▶ _Recorded data_

// A view of the interrupts, the distributor's or a frame's: whose they are, which it has, and their banks.
ghost use Rattle.std.specs.Prelude.{◌≡◌, ◌+◌, ◌%◌, ◌≤◌, ◌<◌, set};
ghost use Rattle.model.specs.Layout.{most_vcpus, count, bank};
ghost use Rattle.model.specs.Registers.{banks, has, seen_by};
ghost use Rattle.model.specs.declared.View.TheVariants.{Frame};
ghost use Rattle.registers.specs.Words.{flags_meant};

use model::View;
use model::layout::State;
use model::values::{FLAG_BITS, LAST_FLAG_BITS};
use state::{Vcpu, VcpuIndex, bank_at, is_spi, put_in_bank};

// The view of a vCPU's frame; here and in `seen_by` alone an index and a view are turned into each other.
pub fn frame_view(v: VcpuIndex) -> View
    ensures { result ≡ Frame v.0 }
{
    View::Frame(v.0)
}

// The vCPU whose private interrupts a view has.
#[tactic(auto, unfolding(model::specs::Registers::seen_by))]
pub fn seen_by(view: View) -> VcpuIndex
    ensures { result.0 ≡ seen_by view }
{
    match view {
        View::Distributor => VcpuIndex(0),
        View::Frame(v) => VcpuIndex(v),
    }
}

// The same, where the state has a block for it.
pub fn vcpu_of(view: View) -> Vcpu
    requires { seen_by view < most_vcpus }
    ensures { result.index ≡ seen_by view }
{
    Vcpu::at(seen_by(view))
}

// Whether a view has the interrupt.
#[tactic(auto, unfolding(model::specs::Registers::has, model::specs::Interrupts::is_private))]
pub fn has_id(s: &State, view: View, id: usize) -> bool
    ensures { result ≡ has s.now view id }
{
    match view {
        View::Distributor => is_spi(s, id),
        View::Frame(_) => id < 32,
    }
}

// ---- its banks

// The bank of the interrupts 32k to 32k + 31 of a view.
#[derive(Clone, Copy)]
pub struct Bank {
    pub view: View,
    pub k: usize,
    ghost seen: { seen_by view < most_vcpus },
    ghost within: { k < banks view },
}

impl Bank {
    // Where it starts.
    #[tactic(auto, using(crate::proofs::Banks::within))]
    pub fn start(self) -> usize
        ensures place { result ≡ bank (seen_by self.view) self.k }
        ensures inside { result + 16 ≤ 768 }
    {
        bank_at(vcpu_of(self.view), self.k)
    }

    // Stores its word `j`.
    #[tactic(auto, using(crate::proofs::Banks::within))]
    pub fn put(self, s: &mut State, j: usize, x: u32)
        requires { j < 16 }
        ensures { s.new ≡ set s.old (bank (seen_by self.view) self.k + j) x }
    {
        put_in_bank(s, vcpu_of(self.view), self.k, j, x);
    }

    // The mask of those of its interrupts that the view has: all, none, or the 28 before ID 1020.
    #[tactic(auto, using(crate::proofs::Meant::thirty_two))]
    pub fn interrupts(self, s: &State) -> u32
        requires { count s.now % 32 ≡ 0 }
        ensures { result ≡ flags_meant s.now self.view 0 self.k }
    {
        if !has_id(s, self.view, 32 * self.k) {
            return 0;
        }
        if self.k == 31 {
            LAST_FLAG_BITS
        } else {
            FLAG_BITS
        }
    }
}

▶ _Exercise details_
For every line in the data above that has the string "specs", return that line.

▶ _Your solution_
ghost use Rattle.std.specs.Prelude.{◌≡◌, ◌+◌, ◌%◌, ◌≤◌, ◌<◌, set};
ghost use Rattle.model.specs.Layout.{most_vcpus, count, bank};
ghost use Rattle.model.specs.Registers.{banks, has, seen_by};
ghost use Rattle.model.specs.declared.View.TheVariants.{Frame};
ghost use Rattle.registers.specs.Words.{flags_meant};
#[tactic(auto, unfolding(model::specs::Registers::seen_by))]
#[tactic(auto, unfolding(model::specs::Registers::has, model::specs::Interrupts::is_private))]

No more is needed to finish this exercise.